[[ DATASET EXTRACT open ]]
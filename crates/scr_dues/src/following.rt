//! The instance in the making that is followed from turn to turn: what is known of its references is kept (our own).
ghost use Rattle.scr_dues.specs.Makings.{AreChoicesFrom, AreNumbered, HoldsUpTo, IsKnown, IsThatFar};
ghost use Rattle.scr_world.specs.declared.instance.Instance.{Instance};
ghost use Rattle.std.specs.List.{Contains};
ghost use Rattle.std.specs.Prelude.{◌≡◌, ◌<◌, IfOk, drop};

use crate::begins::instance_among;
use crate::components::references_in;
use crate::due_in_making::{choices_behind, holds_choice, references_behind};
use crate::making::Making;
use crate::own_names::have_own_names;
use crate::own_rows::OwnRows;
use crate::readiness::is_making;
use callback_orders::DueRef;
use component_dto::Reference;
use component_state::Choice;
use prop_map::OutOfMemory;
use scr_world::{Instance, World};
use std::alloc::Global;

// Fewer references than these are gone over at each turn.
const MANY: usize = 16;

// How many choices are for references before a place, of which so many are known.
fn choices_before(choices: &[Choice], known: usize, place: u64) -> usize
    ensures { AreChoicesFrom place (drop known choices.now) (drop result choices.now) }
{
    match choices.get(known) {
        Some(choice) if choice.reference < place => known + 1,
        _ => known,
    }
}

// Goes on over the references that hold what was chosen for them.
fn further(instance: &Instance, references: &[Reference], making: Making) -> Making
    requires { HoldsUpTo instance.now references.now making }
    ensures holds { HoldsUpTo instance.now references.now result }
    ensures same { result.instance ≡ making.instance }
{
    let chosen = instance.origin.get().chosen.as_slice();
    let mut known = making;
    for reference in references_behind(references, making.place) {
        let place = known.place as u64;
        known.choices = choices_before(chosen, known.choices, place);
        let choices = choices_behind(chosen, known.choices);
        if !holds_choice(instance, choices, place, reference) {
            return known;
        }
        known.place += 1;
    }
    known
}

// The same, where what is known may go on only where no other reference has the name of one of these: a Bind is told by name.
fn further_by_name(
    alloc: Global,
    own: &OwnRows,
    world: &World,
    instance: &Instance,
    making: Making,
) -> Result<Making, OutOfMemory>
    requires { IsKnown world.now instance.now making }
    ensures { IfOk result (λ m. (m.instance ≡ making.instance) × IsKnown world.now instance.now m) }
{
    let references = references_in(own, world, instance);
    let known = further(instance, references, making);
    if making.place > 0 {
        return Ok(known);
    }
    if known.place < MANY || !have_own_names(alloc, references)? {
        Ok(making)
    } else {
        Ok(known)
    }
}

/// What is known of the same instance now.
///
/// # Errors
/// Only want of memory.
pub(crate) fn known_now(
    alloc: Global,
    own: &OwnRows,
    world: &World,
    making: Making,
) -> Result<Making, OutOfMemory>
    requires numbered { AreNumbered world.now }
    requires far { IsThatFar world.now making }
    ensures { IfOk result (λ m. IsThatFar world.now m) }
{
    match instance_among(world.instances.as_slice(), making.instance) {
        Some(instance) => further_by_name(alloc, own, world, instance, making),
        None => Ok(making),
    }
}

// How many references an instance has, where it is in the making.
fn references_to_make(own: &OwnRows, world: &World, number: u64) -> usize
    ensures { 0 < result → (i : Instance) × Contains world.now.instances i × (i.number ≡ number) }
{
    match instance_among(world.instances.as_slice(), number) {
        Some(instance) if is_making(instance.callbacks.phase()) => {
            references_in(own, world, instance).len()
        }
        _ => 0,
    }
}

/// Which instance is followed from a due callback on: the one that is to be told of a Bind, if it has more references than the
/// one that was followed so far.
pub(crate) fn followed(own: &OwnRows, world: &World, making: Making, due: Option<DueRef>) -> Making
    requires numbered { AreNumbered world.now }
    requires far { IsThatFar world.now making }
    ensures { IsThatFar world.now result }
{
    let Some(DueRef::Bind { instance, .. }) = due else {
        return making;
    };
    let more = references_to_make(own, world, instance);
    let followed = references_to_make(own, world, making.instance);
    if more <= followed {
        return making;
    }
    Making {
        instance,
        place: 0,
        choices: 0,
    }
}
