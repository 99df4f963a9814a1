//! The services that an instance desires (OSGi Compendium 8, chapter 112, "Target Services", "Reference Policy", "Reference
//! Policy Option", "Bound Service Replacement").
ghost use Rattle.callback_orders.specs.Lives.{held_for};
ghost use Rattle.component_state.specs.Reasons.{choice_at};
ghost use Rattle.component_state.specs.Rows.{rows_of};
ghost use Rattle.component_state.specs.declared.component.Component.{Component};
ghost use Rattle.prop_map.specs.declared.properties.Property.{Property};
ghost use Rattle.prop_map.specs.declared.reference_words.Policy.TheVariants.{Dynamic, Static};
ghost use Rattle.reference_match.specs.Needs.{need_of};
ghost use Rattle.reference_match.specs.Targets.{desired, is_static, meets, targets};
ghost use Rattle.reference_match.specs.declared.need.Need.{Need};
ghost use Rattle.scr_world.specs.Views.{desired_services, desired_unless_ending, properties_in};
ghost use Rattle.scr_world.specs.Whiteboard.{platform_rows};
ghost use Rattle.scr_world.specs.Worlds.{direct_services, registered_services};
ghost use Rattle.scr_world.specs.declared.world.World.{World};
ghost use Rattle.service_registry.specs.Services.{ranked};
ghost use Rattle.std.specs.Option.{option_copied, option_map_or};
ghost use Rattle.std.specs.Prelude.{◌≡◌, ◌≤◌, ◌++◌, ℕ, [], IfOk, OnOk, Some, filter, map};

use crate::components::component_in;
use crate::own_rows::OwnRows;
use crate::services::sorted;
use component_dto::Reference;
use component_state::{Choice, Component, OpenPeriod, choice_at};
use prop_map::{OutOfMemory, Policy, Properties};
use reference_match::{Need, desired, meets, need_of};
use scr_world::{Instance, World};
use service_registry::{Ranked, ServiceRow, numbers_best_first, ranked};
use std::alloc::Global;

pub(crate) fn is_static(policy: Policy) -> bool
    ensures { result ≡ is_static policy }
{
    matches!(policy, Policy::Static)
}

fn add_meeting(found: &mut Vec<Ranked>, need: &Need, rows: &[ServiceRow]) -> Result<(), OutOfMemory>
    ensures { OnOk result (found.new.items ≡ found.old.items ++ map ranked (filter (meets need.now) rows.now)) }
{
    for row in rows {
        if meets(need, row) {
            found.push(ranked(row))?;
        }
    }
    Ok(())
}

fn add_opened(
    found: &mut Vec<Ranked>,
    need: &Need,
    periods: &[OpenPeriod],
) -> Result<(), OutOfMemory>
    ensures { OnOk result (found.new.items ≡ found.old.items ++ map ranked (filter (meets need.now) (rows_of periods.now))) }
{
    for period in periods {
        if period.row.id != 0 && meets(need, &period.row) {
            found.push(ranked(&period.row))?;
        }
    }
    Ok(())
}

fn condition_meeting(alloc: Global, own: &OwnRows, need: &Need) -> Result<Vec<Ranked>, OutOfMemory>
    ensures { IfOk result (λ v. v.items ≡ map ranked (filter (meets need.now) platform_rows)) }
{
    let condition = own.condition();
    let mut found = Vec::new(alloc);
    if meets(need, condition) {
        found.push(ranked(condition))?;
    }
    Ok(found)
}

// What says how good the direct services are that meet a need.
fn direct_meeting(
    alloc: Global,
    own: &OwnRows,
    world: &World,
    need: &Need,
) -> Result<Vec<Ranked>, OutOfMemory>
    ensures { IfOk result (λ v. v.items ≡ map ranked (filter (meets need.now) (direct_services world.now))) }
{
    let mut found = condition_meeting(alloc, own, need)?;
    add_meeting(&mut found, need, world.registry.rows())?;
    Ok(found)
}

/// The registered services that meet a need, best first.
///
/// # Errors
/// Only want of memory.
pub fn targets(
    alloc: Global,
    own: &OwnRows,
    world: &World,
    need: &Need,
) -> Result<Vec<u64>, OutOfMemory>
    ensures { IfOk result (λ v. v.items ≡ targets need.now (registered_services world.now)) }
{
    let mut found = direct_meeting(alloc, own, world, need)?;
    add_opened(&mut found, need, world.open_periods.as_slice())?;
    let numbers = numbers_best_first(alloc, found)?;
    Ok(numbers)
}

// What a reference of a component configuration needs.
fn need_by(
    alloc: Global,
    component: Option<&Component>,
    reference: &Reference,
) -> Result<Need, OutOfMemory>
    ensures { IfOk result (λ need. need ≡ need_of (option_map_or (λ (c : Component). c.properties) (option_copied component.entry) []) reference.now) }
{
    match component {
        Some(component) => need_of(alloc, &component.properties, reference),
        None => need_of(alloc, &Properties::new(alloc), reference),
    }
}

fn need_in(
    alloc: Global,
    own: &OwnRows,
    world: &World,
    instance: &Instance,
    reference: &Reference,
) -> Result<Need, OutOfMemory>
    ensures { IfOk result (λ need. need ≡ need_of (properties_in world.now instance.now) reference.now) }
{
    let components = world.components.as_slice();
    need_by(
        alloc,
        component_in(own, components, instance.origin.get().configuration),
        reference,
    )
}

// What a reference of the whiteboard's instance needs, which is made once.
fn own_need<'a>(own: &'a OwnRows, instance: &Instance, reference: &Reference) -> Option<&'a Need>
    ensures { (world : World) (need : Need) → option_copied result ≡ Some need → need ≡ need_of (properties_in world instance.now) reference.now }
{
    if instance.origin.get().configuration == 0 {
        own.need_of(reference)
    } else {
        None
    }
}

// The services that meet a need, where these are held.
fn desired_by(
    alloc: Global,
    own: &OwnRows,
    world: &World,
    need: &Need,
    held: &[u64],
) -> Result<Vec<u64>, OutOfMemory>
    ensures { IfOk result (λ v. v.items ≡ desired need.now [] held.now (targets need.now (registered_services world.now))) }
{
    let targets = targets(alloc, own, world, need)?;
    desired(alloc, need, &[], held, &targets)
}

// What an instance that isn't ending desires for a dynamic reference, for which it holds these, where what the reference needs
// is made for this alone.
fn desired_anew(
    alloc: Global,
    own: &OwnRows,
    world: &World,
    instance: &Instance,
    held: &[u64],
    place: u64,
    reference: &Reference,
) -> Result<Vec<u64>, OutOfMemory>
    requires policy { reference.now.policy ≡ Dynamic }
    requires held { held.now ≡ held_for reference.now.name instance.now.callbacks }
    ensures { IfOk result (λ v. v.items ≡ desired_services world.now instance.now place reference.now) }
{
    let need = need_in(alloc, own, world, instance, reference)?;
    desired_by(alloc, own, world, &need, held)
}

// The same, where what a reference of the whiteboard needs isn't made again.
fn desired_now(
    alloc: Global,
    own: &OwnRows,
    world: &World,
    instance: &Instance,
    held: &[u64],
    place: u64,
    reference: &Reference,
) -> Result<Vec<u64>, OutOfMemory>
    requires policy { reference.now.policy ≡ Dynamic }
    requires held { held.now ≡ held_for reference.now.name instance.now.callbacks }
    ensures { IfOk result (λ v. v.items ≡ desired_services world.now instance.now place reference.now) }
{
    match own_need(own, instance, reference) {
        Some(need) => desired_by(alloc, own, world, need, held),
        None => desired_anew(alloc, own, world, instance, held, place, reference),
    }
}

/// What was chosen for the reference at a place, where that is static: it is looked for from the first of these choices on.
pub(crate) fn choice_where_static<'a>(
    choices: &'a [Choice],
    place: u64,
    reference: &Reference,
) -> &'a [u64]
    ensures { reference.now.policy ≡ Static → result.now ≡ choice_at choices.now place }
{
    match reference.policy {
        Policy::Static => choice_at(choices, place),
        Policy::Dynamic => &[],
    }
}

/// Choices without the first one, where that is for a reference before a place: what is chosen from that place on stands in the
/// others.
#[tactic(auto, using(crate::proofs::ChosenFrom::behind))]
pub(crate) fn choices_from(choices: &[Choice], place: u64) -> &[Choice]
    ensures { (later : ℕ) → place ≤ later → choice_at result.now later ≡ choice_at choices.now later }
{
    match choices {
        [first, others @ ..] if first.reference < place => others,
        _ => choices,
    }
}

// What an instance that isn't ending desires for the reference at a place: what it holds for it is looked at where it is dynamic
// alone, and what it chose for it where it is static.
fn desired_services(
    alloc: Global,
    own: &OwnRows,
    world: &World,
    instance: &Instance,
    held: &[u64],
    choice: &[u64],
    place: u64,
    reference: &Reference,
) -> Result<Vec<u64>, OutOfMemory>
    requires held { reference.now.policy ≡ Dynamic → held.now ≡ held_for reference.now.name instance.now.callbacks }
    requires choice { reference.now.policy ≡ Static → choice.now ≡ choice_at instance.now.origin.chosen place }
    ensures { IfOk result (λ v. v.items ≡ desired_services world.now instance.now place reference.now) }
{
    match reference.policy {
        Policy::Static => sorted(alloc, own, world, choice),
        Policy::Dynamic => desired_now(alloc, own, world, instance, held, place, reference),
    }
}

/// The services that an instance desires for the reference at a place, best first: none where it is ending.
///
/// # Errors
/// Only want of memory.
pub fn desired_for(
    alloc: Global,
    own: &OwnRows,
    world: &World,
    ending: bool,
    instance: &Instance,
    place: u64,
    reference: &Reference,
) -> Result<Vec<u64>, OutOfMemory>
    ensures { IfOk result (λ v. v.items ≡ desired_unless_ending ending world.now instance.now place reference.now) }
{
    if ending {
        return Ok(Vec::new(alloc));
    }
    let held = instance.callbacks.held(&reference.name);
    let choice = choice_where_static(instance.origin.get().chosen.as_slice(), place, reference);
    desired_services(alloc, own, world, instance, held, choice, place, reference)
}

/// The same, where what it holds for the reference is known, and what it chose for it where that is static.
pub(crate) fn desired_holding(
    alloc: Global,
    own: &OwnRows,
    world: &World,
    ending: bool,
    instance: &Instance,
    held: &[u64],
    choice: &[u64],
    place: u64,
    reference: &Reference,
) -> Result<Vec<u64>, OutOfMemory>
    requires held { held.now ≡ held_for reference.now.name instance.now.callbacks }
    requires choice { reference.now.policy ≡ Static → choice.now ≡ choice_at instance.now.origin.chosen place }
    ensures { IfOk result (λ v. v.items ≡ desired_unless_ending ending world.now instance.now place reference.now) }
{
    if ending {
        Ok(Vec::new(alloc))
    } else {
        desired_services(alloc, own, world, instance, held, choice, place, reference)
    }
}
[[ DATASET EXTRACT closed ]]
WHAT THIS TASK INVOLVES: Search the entries for the word "sorted", then gather every line that has it.

SOLUTION BELOW:
use crate::services::sorted;
        Policy::Static => sorted(alloc, own, world, choice),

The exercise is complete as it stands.